*** Source records ***
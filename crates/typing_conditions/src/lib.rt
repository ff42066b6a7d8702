//! What typing a part carries from one state of the typer to the next: that its conditions hold at each reading of the store, that every choice that meets them goes on, and which
//! demands are kept; with the environments and declarations of the store against those of the definitions, generalisation by levels, and the use of constructors and labels.
//! It stands on the definitions of typings, on the store of types with its unification, and on the names of `env_table`. No program calls it.
//! The contract of a typing function is `Carried` for its conditions, and `Means` for the node that it answers; its proof is one step of `proofs/` for each call in its body.
//! Steps on the store alone: `Steps`, `Instances`, `Closing`, `Standing`, `Bindings`, `Groups`; on declarations: `DeclaredLater`, `Finding`, `Taking`.
#![tactic(auto)]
*** End of Source records ***
▶ _Problem_:
Retype the whole listing exactly.

▶ _Solution to this problem_:
filename crates/typing_conditions/src/lib.rt
repository ff42066b6a7d8702
//! What typing a part carries from one state of the typer to the next: that its conditions hold at each reading of the store, that every choice that meets them goes on, and which
//! demands are kept; with the environments and declarations of the store against those of the definitions, generalisation by levels, and the use of constructors and labels.
//! It stands on the definitions of typings, on the store of types with its unification, and on the names of `env_table`. No program calls it.
//! The contract of a typing function is `Carried` for its conditions, and `Means` for the node that it answers; its proof is one step of `proofs/` for each call in its body.
//! Steps on the store alone: `Steps`, `Instances`, `Closing`, `Standing`, `Bindings`, `Groups`; on declarations: `DeclaredLater`, `Finding`, `Taking`.
#![tactic(auto)]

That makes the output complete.